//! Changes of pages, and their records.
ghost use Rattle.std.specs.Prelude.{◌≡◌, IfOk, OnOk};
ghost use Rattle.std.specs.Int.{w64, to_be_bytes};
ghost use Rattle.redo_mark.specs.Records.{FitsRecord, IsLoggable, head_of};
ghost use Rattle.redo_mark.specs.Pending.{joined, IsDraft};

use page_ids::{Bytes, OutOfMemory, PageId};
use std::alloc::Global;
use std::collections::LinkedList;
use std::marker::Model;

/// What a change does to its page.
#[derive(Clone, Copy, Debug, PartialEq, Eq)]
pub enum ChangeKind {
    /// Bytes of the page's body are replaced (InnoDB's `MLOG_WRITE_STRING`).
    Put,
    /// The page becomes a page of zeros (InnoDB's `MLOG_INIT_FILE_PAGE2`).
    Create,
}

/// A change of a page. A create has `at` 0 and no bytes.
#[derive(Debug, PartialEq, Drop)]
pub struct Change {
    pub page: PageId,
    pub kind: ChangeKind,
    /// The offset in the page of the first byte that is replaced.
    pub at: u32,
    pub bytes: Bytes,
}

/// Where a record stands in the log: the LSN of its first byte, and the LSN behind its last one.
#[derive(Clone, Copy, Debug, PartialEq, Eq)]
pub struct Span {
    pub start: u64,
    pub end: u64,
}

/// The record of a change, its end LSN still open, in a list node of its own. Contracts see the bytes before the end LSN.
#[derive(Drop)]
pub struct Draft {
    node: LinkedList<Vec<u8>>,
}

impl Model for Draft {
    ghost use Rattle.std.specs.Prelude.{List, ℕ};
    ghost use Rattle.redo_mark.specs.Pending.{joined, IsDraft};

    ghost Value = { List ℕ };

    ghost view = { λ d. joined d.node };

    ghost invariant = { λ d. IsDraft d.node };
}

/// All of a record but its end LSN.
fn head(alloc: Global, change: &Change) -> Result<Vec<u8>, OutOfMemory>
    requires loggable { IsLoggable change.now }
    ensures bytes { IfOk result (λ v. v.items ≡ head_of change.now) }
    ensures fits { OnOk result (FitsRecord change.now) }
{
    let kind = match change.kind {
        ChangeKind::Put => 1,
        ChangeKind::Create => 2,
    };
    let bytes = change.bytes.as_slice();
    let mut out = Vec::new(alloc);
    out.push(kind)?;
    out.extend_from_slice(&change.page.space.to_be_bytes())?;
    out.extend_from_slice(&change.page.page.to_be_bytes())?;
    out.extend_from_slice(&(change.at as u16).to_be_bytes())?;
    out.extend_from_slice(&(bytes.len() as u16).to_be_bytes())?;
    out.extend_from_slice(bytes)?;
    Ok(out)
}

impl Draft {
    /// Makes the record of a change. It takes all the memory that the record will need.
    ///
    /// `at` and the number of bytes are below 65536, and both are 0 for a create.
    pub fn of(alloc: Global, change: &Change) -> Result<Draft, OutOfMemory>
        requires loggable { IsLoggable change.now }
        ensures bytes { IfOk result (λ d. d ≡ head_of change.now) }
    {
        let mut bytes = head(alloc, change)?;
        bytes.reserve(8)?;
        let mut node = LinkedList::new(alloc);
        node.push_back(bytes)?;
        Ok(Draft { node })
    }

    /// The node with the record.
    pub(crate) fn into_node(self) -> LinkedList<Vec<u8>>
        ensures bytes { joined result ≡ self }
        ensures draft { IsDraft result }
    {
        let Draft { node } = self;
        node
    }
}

==

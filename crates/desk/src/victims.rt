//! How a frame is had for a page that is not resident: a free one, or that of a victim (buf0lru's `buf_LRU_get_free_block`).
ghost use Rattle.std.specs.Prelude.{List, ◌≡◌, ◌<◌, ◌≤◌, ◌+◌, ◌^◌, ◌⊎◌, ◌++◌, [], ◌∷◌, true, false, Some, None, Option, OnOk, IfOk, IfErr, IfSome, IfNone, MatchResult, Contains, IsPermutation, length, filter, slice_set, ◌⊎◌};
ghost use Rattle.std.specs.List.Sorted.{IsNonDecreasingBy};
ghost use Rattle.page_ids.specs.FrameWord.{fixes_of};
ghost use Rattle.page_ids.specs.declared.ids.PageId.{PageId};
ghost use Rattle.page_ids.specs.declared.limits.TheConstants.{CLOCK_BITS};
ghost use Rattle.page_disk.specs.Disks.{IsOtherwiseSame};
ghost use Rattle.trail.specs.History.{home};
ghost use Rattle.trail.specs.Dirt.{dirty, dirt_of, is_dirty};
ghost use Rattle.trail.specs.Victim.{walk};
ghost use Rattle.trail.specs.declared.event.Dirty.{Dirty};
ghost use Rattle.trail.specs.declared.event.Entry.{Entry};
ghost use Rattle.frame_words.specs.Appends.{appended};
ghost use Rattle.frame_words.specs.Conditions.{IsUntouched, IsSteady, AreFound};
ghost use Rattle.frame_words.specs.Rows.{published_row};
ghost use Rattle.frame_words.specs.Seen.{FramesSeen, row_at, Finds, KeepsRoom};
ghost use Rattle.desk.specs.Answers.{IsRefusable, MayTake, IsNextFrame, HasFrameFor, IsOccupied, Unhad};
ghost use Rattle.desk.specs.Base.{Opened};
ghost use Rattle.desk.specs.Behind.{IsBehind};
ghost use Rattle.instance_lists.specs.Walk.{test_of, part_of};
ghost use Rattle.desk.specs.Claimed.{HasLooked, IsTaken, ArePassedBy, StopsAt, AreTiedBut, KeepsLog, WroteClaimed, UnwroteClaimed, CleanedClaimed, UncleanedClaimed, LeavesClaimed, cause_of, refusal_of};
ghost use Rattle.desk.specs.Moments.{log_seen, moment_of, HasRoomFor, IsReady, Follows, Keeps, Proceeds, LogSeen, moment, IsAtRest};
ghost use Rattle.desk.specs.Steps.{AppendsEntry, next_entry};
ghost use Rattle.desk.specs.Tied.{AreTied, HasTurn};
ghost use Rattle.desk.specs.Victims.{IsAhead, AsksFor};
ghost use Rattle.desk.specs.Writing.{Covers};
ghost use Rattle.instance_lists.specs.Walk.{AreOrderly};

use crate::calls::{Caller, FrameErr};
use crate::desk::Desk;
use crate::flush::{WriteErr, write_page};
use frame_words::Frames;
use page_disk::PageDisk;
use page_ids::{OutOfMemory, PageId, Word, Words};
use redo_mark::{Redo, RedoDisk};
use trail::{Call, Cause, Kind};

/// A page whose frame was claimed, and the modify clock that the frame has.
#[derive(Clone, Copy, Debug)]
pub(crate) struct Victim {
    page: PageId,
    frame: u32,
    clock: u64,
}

• [Prompt]: If a line in the data contains the string "Global", copy it.

• [Exercise solution]:
use std::alloc::Global;
fn head(alloc: Global, change: &Change) -> Result<Vec<u8>, OutOfMemory>
    pub fn of(alloc: Global, change: &Change) -> Result<Draft, OutOfMemory>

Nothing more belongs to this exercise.